3.7.19. horton.meanfield.scf_oda – Optimal Damping SCF algorithm

class horton.meanfield.scf_oda.ODASCFSolver(threshold=1e-08, maxiter=128, skip_energy=False, debug=False)

Bases: object

Optional arguments:

maxiter
The maximum number of iterations. When set to None, the SCF loop will go one until convergence is reached.
threshold
The convergence threshold for the wavefunction
skip_energy
When set to True, the final energy is not computed.
debug
When set to True, for each mixing step, a plot is made to double check the cubic interpolation.
__call__(*args, **kwargs)

Find a self-consistent set of density matrices.

Arguments:

ham
An effective Hamiltonian.
lf
The linalg factory to be used.
overlap
The overlap operator.
occ_model
Model for the orbital occupations.
dm1, dm2, …
The initial density matrices. The number of dms must match ham.ndm.
__init__(threshold=1e-08, maxiter=128, skip_energy=False, debug=False)

Optional arguments:

maxiter
The maximum number of iterations. When set to None, the SCF loop will go one until convergence is reached.
threshold
The convergence threshold for the wavefunction
skip_energy
When set to True, the final energy is not computed.
debug
When set to True, for each mixing step, a plot is made to double check the cubic interpolation.
error(ham, lf, overlap, *dms)

See horton.meanfield.convergence.convergence_error_commutator().

kind = ‘dm’
horton.meanfield.scf_oda.check_cubic(ham, dm0s, dm1s, e0, e1, g0, g1, do_plot=True)

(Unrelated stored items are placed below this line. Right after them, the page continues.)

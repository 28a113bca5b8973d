//! Large inputs through each public call of frames and messages: a small bound behind 'want of memory' shows here.

use cl_base::{Answer, List, Mem, Position, Range, Symbol, Text};
use cl_frames::{Frame, Frames, MemorySink, MemorySource, Written, write_frame};
use cl_rpc::{Call, How, Id, Out, Parsed, Reply, message_of, reply_text};
use std::alloc::Global;
use std::test::Fail;

/// A body of a megabyte.
const BODY: usize = 1_000_000;

/// A document's name.
const NAME: usize = 70_000;

/// The symbols of an answer.
const SYMBOLS: usize = 100_000;

#[test]
fn a_body_of_a_megabyte(rt: HostRuntime) -> Result<(), Fail> {
    let alloc = rt.alloc();
    let body = opened(alloc)?;
    let header = format!(in alloc; "Content-Length: {}\r\n\r\n", body.len())?;
    let mut bytes = header.into_bytes();
    bytes.extend_from_slice(body.as_bytes())?;
    let source = MemorySource::new(alloc, bytes.as_slice(), 65_536, [].as_slice());
    let mut source = source?;
    let mut frames = Frames::new(alloc)?;
    let Frame::Body(text) = frames.read_frame(alloc, &mut source) else {
        return Err(Fail::from("no body"));
    };
    assert!(rt; text.bytes() == body.as_bytes());
    let message = message_of(alloc, text.bytes())?;
    let Parsed::Notification(Call::DidOpen(path, version, text)) = message else {
        return Err(Fail::from("another call"));
    };
    assert_eq!(rt;
        (path.text().len(), version, text.bytes().len()),
        (NAME, 7, BODY)
    );
    let mut sink = MemorySink::new(alloc, 65_536, [].as_slice())?;
    assert_eq!(rt; write_frame(&mut sink, &text), Written::All);
    assert_eq!(rt; sink.held().len(), BODY);
    Ok(())
}

#[test]
fn a_reply_of_many_symbols(rt: HostRuntime) -> Result<(), Fail> {
    let alloc = rt.alloc();
    let symbols = symbols(alloc)?;
    let reply = Reply {
        message: 0,
        mark: 1,
        how: How::Answered,
        id: Some(Id::Number(1)),
        out: Out::Answer(Answer::Symbols(symbols)),
    };
    let text = reply_text(alloc, &reply)?;
    let told = str::from_utf8(text.bytes()).unwrap_or("no text");
    let Some((header, body)) = told.split_once("\r\n\r\n") else {
        return Err(Fail::from("no header"));
    };
    let wanted = format!(in alloc; "Content-Length: {}", body.len())?;
    assert_eq!(rt; header, wanted.as_str());
    let symbol =
        "{\"kind\":13,\"name\":\"x\",\"range\":{\"end\":{\"character\":6,\"line\":4},\"start\":{\"character\":0,\"line\":4}},\"selectionRange\":{\"end\":{\"character\":5,\"line\":4},\"start\":{\"character\":4,\"line\":4}}}";
    let rest = body.strip_prefix("{\"id\":1,\"jsonrpc\":\"2.0\",\"result\":[");
    let Some(list) = rest.and_then(|rest| rest.strip_suffix("]}")) else {
        return Err(Fail::from("another body"));
    };
    let mut count = 0usize;
    for piece in list.split("},{\"kind\"") {
        count = count.saturating_add(1);
        assert!(rt; symbol.contains(piece), "{piece}");
    }
    assert_eq!(rt; count, SYMBOLS);
    assert_eq!(rt;
        list.len(),
        SYMBOLS.saturating_mul(symbol.len() + 1).saturating_sub(1)
    );
    Ok(())
}

/// The body that opens a document with a long name and a long text.
fn opened(alloc: Global) -> Mem<String> {
    let mut body = String::from_str(
        alloc,
        "{\"jsonrpc\":\"2.0\",\"method\":\"textDocument/didOpen\",\"params\":{\"textDocument\":{\"uri\":\"file:///",
    )?;
    add(&mut body, 'n', NAME - 1)?;
    body.push_str("\",\"version\":7,\"text\":\"")?;
    add(&mut body, 't', BODY)?;
    body.push_str("\"}}}")?;
    Ok(body)
}

/// Adds a letter so often.
fn add(body: &mut String, letter: char, count: usize) -> Mem<()> {
    for _ in 0..count {
        body.push(letter)?;
    }
    Ok(())
}

/// Many symbols that are alike.
fn symbols(alloc: Global) -> Mem<List<Symbol>> {
    let place = |character| Position { line: 4, character };
    let mut symbols = List::new(alloc);
    for _ in 0..SYMBOLS {
        symbols.push(Symbol {
            kind: 13,
            name: Text::new(alloc, b"x")?,
            range: Range {
                start: place(0),
                end: place(6),
            },
            selection: Range {
                start: place(4),
                end: place(5),
            },
            children: List::new(alloc),
        })?;
    }
    Ok(symbols)
}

Method to test the correctness of the cubic interpolation

Arguments:

ham
An effective Hamiltonian.
dm0s
A list of density matrices for the initial state.
dm1s
A list of density matrices for the final state.
e0
The energy of the initial state.
e1
The energy of the final state.
g0
The derivative of the energy for the initial state.
g1
The derivative of the energy for the initial state.

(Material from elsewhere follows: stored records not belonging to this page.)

//! Headers that were asked for.

use cl_base::{Known, Path};

/// A header that was asked for: its path, and what was known of it, `Unknown` where nothing was.
#[derive(Drop)]
pub struct Dep {
    pub path: Path,
    pub known: Known,
}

This method interpolates between two state with a parameter lambda going from 0 to 1. The arguments g0 and g1 are derivatives toward this parameter lambda.

Optional arguments:

do_plot
When set to True, a plot is made to visualize the interpolation. Otherwise, an AssertionError is made if the error on the interpolation. is too large.

This function is mainly useful as a tool to double check the implementation of Fock matrices.